When studying the effects of bee venom or other treatments on bee longevity, it is crucial to start with bees that are as healthy and uncompromised as possible. Using newly emerged, one-day-old worker bees helps to establish a baseline of normal, uninfected bee lifespan before any experimental treatments are applied. This approach allows the researchers to more accurately assess the impacts of the bee venom or other factors on bee longevity, without potential confounding effects from pre-existing infections or other health issues. Starting with young, uninfected bees provides a cleaner experimental system to isolate the effects of the specific variables under investigation. Evaluating the longevity of these one-day-old worker bees, even in the absence of bacterial infection, gives important insights into the intrinsic effects of the treatments on normal bee physiology and lifespan. This can provide a stronger foundation to then examine how the treatments may interact with or protect against specific pathogenic challenges.

Adult honey bee worker individuals basically do not show symptoms of the disease under study (American foulbrood) due to the inability of the spores of this disease’s bacterium to transform into the harmful vegetative phase in the midguts of adult worker bees, due to: 1st; The pH level in the intestine of the adult worker differs from that in the intestine of the worker larva in its early stages due to the presence of honey and pollen as main food in the midgut of the adult worker. 2nd; The shape of the tissue structure (histology) of the intestinal walls in whole individuals of worker bees changes and transforms into a thick double wall structure surrounded from the inside by a peritrophic membrane.
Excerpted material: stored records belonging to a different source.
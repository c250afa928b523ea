//! Answers of functions.
ghost use Rattle.std.specs.Prelude.{◌≡◌, slice_get, IfOk, OnOk, OnErr, IsTrue};
ghost use Rattle.world_types.specs.declared.queue.Event.TheVariants.{Answer};
ghost use Rattle.world_model.specs.AnyCode.Code.{flags};
ghost use Rattle.world_model.specs.AnyCode.World.{enabled, effect};
ghost use Rattle.unum_world.specs.Openings.{codes_of};
ghost use Rattle.unum_world.specs.Traces.{world_of};
ghost use Rattle.unum_world.specs.Calls.{outcome_of, function_call};
ghost use Rattle.unum_world.specs.Instances.{CanAnswer, CanRun, outcome_at, queue_answered};
ghost use Rattle.unum_world.specs.Kept.{Keeps, Holds};

use crate::flat::form_of;
use crate::opening::Opening;
use crate::places::{message_of, session_of};
use crate::steps::next_doing;
use crate::twins::put_twin;
use crate::world_state::WorldState;
use fn_table::{Table, call};
use fn_wrapper::{Instance, called};
use invoke_queue::Queue;
use std::alloc::Global;
use unum_json::{Json, NoMemory, Outcome, Text};
use world_types::{Doing, Phase};

/// What the function of a resource answers, if the table has it.
fn function_outcome(
    alloc: Global,
    table: &Table,
    resource: &Text,
    input: &Json,
    ticket: u32,
) -> Result<Option<Outcome>, NoMemory>
    ensures { IfOk result (λ x. x ≡ outcome_of (function_call table.now resource.now input.now ticket)) }
{
    match table.find(resource.as_bytes()) {
        Some(kind) => Ok(Some(call(alloc, kind, input, ticket)?)),
        None => Ok(None),
    }
}

/// What the function answers that an attempt waits for, if the table has it.
fn outcome_of(
    alloc: Global,
    table: &Table,
    now: &WorldState,
    instance: Instance<'_>,
) -> Result<Option<Outcome>, NoMemory>
    requires { CanRun instance.ir.now instance.invocation.now now.now instance.ticket }
    ensures { let it = instance.entry in IfOk result (λ x. x ≡ outcome_at table.now it.ir.now it.invocation.now now.now.hub.queue it.ticket) }
{
    match next_doing(alloc, now, instance)? {
        Doing::Ask { resource, input } => {
            let outcome = function_outcome(alloc, table, &resource, &input, instance.ticket);
            drop(input);
            drop(resource);
            outcome
        }
        other => {
            drop(other);
            Ok(None)
        }
    }
}

/// An attempt takes the answer of its function.
fn take_answer(queue: &mut Queue, attempt: u32, outcome: Outcome)
    requires { CanAnswer queue.old attempt }
    ensures { queue.new ≡ queue_answered queue.old attempt outcome (slice_get queue.old.atts attempt) }
{
    let Ok(phase) = queue.put_phase(attempt, Phase::Looking) else {
        drop(outcome);
        unreachable!();
    };
    let mut phase = phase;
    called(attempt, &mut phase, outcome);
    let Ok(before) = queue.advance(attempt, phase) else {
        unreachable!();
    };
    drop(before);
}

/// An attempt gets its function's answer. Where the table has no such function nothing changes.
pub fn answer(
    alloc: Global,
    o: &Opening,
    now: &mut WorldState,
    attempt: u32,
) -> Result<(), NoMemory>
    requires holds { Holds o.now now.old }
    requires on { IsTrue (enabled (codes_of o.now) (world_of o.now now.old) (Answer attempt)) }
    ensures ok { OnOk result (world_of o.now now.new ≡ effect flags (codes_of o.now) (world_of o.now now.old) (Answer attempt)) }
    ensures err { OnErr result (world_of o.now now.new ≡ world_of o.now now.old) }
    ensures kept { Keeps o.now now.new }
{
    let (inv, message) = message_of(&now.hub.queue, attempt);
    let ir = form_of(o, session_of(&message));
    let instance = Instance {
        ir,
        invocation: &message,
        ticket: attempt,
    };
    match outcome_of(alloc, &o.table, now, instance)? {
        None => Ok(()),
        Some(outcome) => {
            take_answer(&mut now.hub.queue, attempt, outcome);
            put_twin(&o.plan, &now.hub.queue, &mut now.twins, inv);
            Ok(())
        }
    }
}
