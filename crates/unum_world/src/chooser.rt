//! The chooser, by three lists: which invocations are to have a twin, which attempts live, and which invocations are open.
ghost use Rattle.std.specs.Prelude.{◌≡◌};
ghost use Rattle.world_plans.specs.Chooser.{chosen_event as taken_event};
ghost use Rattle.world_plans.specs.Three.{move, rest, event_at};
ghost use Rattle.unum_world.specs.Openings.{codes_of};
ghost use Rattle.unum_world.specs.Traces.{world_of};
ghost use Rattle.unum_world.specs.Kept.{Holds};

use crate::events::may_step;
use crate::opening::Opening;
use crate::world_state::WorldState;
use invoke_queue::{is_crash_due, pick};
use world_types::Event;

/// The event of a live attempt: its crash where the plan says so, and else its step or its answer.
pub fn move_of(o: &Opening, now: &WorldState, attempt: u32) -> Event
    requires { Holds o.now now.now }
    ensures { result ≡ move o.now.plan (codes_of o.now) (world_of o.now now.now) attempt }
{
    let Some(t) = now.hub.queue.attempt(attempt) else {
        return Event::Step(attempt);
    };
    if is_crash_due(&o.plan, attempt, t.steps) {
        Event::Crash(attempt)
    } else if may_step(now, attempt) {
        Event::Step(attempt)
    } else {
        Event::Answer(attempt)
    }
}

/// The event of an open invocation: its delivery, and after 8 tries that it is given up.
pub fn rest_of(o: &Opening, now: &WorldState, inv: u32) -> Event
    ensures { result ≡ rest o.now.plan (codes_of o.now) (world_of o.now now.now) inv }
{
    match now.hub.queue.state(inv) {
        Some(s) => {
            if s.tries < 8 {
                Event::Deliver(inv)
            } else {
                Event::GiveUp(inv)
            }
        }
        None => Event::GiveUp(inv),
    }
}

/// The allowed event with that number.
fn event_at(o: &Opening, now: &WorldState, at: usize) -> Option<Event>
    requires { Holds o.now now.now }
    ensures { result ≡ event_at o.now.plan (codes_of o.now) (world_of o.now now.now) at }
{
    let twins = now.twins.len();
    if at < twins {
        return match now.twins.at(at) {
            Some(inv) => Some(Event::Deliver(inv)),
            None => None,
        };
    }
    let live = now.hub.queue.live_len();
    if at - twins < live {
        return match now.hub.queue.live_at(at - twins) {
            Some(attempt) => Some(move_of(o, now, attempt)),
            None => None,
        };
    }
    match now.hub.queue.open_at(at - twins - live) {
        Some(inv) => Some(rest_of(o, now, inv)),
        None => None,
    }
}

/// The event that the chooser takes after so many others: of those that the plan allows, the one that it picks. `None` comes
/// exactly where none is allowed. It takes no memory, and its time does not grow with the world.
pub fn choose_event(o: &Opening, now: &WorldState, len: u64) -> Option<Event>
    requires { Holds o.now now.now }
    ensures { result ≡ taken_event o.now.plan (codes_of o.now) (world_of o.now now.now) len }
{
    let queue = &now.hub.queue;
    let count = now.twins.len() + queue.live_len() + queue.open_len();
    if count == 0 {
        return None;
    }
    let at = pick(&o.plan, len, count as u64);
    event_at(o, now, at as usize)
}
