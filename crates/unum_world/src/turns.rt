//! A worker's turn: the event that is due in it, and that it is made.
ghost use Rattle.std.specs.Prelude.{◌≡◌, ◌↔◌, length, None, IfOk, IsTrue};
ghost use Rattle.std.specs.Option.{option_map};
ghost use Rattle.asl_model.specs.Laws.{In};
ghost use Rattle.world_types.specs.declared.queue.Event.TheVariants.{Answer};
ghost use Rattle.world_plans.specs.Chooser.{allowed_events};
ghost use Rattle.unum_world.specs.Openings.{codes_of};
ghost use Rattle.unum_world.specs.Traces.{Trace, world_of, now, after_event, is_enabled, IsObeying};
ghost use Rattle.unum_world.specs.Calls.{awaited_call};
ghost use Rattle.unum_world.specs.Kept.{Holds};
ghost use Rattle.unum_world.specs.Turns.{due_in, due_event, own_attempt, allowed, asked_by, told_after, Makes, AsksOrMakes, Picks, Hands};

use crate::calls::{FunctionCall, awaited};
use crate::chooser::{move_of, rest_of};
use crate::opening::Opening;
use crate::refusal::ApplyError;
use crate::world::World;
use crate::world_state::WorldState;
use fn_table::Answered;
use unum_json::NoMemory;
use worker_gate::Pick;
use world_types::Event;

/// The first delivery or giving up that the plan allows: of a twin, and else of an open invocation.
fn first_of_none(o: &Opening, now: &WorldState) -> Option<Event>
    requires { Holds o.now now.now }
    ensures { result ≡ due_in o.now.plan (codes_of o.now) (world_of o.now now.now) None }
{
    if let Some(inv) = now.twins.at(0) {
        return Some(Event::Deliver(inv));
    }
    match now.hub.queue.open_at(0) {
        Some(inv) => Some(rest_of(o, now, inv)),
        None => None,
    }
}

/// The event that is due in the turn of a worker with this attempt, or with none.
fn due_event(o: &Opening, now: &WorldState, mine: Option<u32>) -> Option<Event>
    requires { Holds o.now now.now }
    ensures { result ≡ due_in o.now.plan (codes_of o.now) (world_of o.now now.now) mine }
{
    let Some(attempt) = mine else {
        return first_of_none(o, now);
    };
    if now.hub.queue.lives(attempt) {
        Some(move_of(o, now, attempt))
    } else {
        first_of_none(o, now)
    }
}

/// Whether the plan allows the Answer of that attempt.
fn allows_answer(o: &Opening, now: &WorldState, attempt: u32) -> bool
    requires { Holds o.now now.now }
    ensures { IsTrue result ↔ In (Answer attempt) (allowed_events o.now.plan (codes_of o.now) (world_of o.now now.now)) }
{
    if !now.hub.queue.lives(attempt) {
        return false;
    }
    match move_of(o, now, attempt) {
        Event::Answer(_) => true,
        _ => false,
    }
}

impl World {
    /// The event that is due in the turn of a worker with this attempt, or with none: the first that the plan allows of those
    /// that the worker may make. It takes no memory, and its time does not grow with the world.
    fn due(&self, mine: Option<u32>) -> Option<Event>
        ensures event { result ≡ due_event self.now mine }
        ensures none { result ≡ None → own_attempt (now self.now) mine ≡ None }
    {
        due_event(&self.opening, &self.state, mine)
    }

    /// Whether the plan allows the Answer of that attempt.
    fn allows(&self, attempt: u32) -> bool
        ensures { IsTrue result ↔ In (Answer attempt) (allowed self.now) }
    {
        allows_answer(&self.opening, &self.state, attempt)
    }

    /// The call that an attempt waits for, or `None` exactly where the table has no such function.
    fn awaited(&self, attempt: u32) -> Result<Option<FunctionCall>, NoMemory>
        requires { IsTrue (is_enabled self.now (Answer attempt)) }
        ensures { IfOk result (λ c. option_map (asked_by attempt) c ≡ awaited_call (codes_of self.now.opening) (now self.now) attempt) }
    {
        awaited(self.alloc, &self.opening, &self.state, attempt)
    }

    /// How many attempts there are.
    fn attempts(&self) -> u32
        ensures { result ≡ length (now self.now).atts }
    {
        self.state.hub.queue.attempts() as u32
    }
}

/// What a worker is told of an event that was made, before which there were so many attempts.
fn told(world: &World, attempts: u32, event: Event) -> Pick
    ensures { (p : Trace) → world.now ≡ after_event p event → attempts ≡ length (now p).atts → result ≡ told_after p event }
{
    match event {
        Event::Deliver(_) => Pick::Mine(attempts),
        Event::Step(attempt) => {
            if world.hub().queue.lives(attempt) {
                Pick::Mine(attempt)
            } else {
                Pick::Free
            }
        }
        Event::Answer(attempt) => Pick::Mine(attempt),
        Event::Crash(_) | Event::GiveUp(_) => Pick::Free,
    }
}

/// Makes an event that the plan allows. `Spent` comes exactly where the history is full.
fn make(world: &mut World, event: Event) -> Pick
    requires obeying { IsObeying world.old }
    requires allowed { In event (allowed world.old) }
    ensures obeying { IsObeying world.new }
    ensures makes { Makes world.old event result world.new }
{
    world.is_sound();
    let attempts = world.attempts();
    match world.apply(event) {
        Ok(()) => told(world, attempts, event),
        Err(ApplyError::Spent { len: _ }) => Pick::Spent,
        Err(ApplyError::NoMemory) => Pick::NoMemory,
        Err(ApplyError::NotEnabled { event: _ }) => unreachable!(),
    }
}

/// Asks for the function that an attempt calls, whose Answer the plan allows. Where the table has no such function the Answer
/// is made.
fn ask(world: &mut World, attempt: u32) -> Pick
    requires obeying { IsObeying world.old }
    requires allowed { In (Answer attempt) (allowed world.old) }
    ensures obeying { IsObeying world.new }
    ensures asks { AsksOrMakes world.old attempt (awaited_call (codes_of world.old.opening) (now world.old) attempt) result world.new }
{
    match world.awaited(attempt) {
        Ok(Some(call)) => Pick::Call {
            kind: call.kind,
            input: call.input,
            ticket: attempt,
        },
        Ok(None) => make(world, Event::Answer(attempt)),
        Err(NoMemory) => Pick::NoMemory,
    }
}

/// Makes the event that is due in the turn of a worker with this attempt, or with none. Where that is an Answer, no event is
/// made, and the worker is asked to call the function. `Idle` comes exactly where no event is due, and `Spent` exactly where
/// one was to be made and the history is full. After `NoMemory` nothing has changed.
pub fn pick(world: &mut World, mine: Option<u32>) -> Pick
    requires { IsObeying world.old }
    ensures obeying { IsObeying world.new }
    ensures picks { Picks world.old mine result world.new }
{
    match world.due(mine) {
        None => Pick::Idle,
        Some(Event::Answer(attempt)) => ask(world, attempt),
        Some(event) => make(world, event),
    }
}

/// Makes the Answer of a call, and answers `Mine` of its attempt. `Free` comes exactly where the attempt does not wait for that
/// call or the plan does not allow the Answer, and `Spent` exactly where else the history is full. After any of these and after
/// `NoMemory` nothing has changed.
pub fn hand(world: &mut World, done: &Answered) -> Pick
    requires { IsObeying world.old }
    ensures obeying { IsObeying world.new }
    ensures hands { Hands world.old done.now result world.new }
{
    let ticket = done.ticket();
    world.is_sound();
    if !world.allows(ticket) {
        return Pick::Free;
    }
    match world.answer(done) {
        Ok(()) => Pick::Mine(ticket),
        Err(ApplyError::NotEnabled { event: _ }) => Pick::Free,
        Err(ApplyError::Spent { len: _ }) => Pick::Spent,
        Err(ApplyError::NoMemory) => Pick::NoMemory,
    }
}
In the end, this somewhat complex tissue structure prevents the germination of Paenibacillus larvae bacterium and prevents their penetration of the intestine wall into the haemolymph cavity where the nutritional medium is typical for this bacterium to multiply, so that the cycles of replication begin, causing infection, and then the appearance of disease symptoms, similar to what happens in the guts with a simple histological composition of bee larvae in their early ages, and their dependence only on royal jelly appropriate for their food to carry out their action in causing infection. Accordingly, the adults of worker bees only carry the spores of pathogen in their guts, if they are present in an infected bee colony, and then they transmit these spores to the healthy bee larvae in the royal jelly that they secrete for them. Because bee venom, silver nanoparticles and their mixture were tested against the bacterial pathogen initially in the artificial medium, MYPGP in order to determine firstly the extent of their ability to inhibit pathogenic bacterium, and secondly to determine the minimal concentration of them that is inhibitory to bacterium in preparation for using these treatments and these concentrations against the disease in the field within the infected bee colonies in other studies in the future.

Based on the above, it was necessary and logical test of the safety of using these treatments and their effective concentrations discovered in the laboratory, starting with samples of adult bees to find out which of these treatments are harmful, meaning whether they are inherently lethal to the adult bees that will feed the larvae infected with the disease or not. As well as determining which of these concentrations would be harmful to adult bees, represented by measuring the average longevity of adult worker bees considering the presence of these treatments in the nutrition provided to the bees? Therefore, it was necessary to start with adult worker bees, one day old, to obtain an accurate calculation of the ages of the bees as nurses’ bees who are responsible for feeding the larvae that infected with the disease and appear the symptoms, and then their ages as a swarm bee.

Statistical analysis

The obtained results from all treatments were analyzed using MSTAT-C version 1.41, employing a randomized complete block design (ANOVA). GraphPad Prism version 3.03 for Windows software was used for data analysis60. Duncan's multiple range test was employed to compare the means of all treatments at a significance level of 0.0561.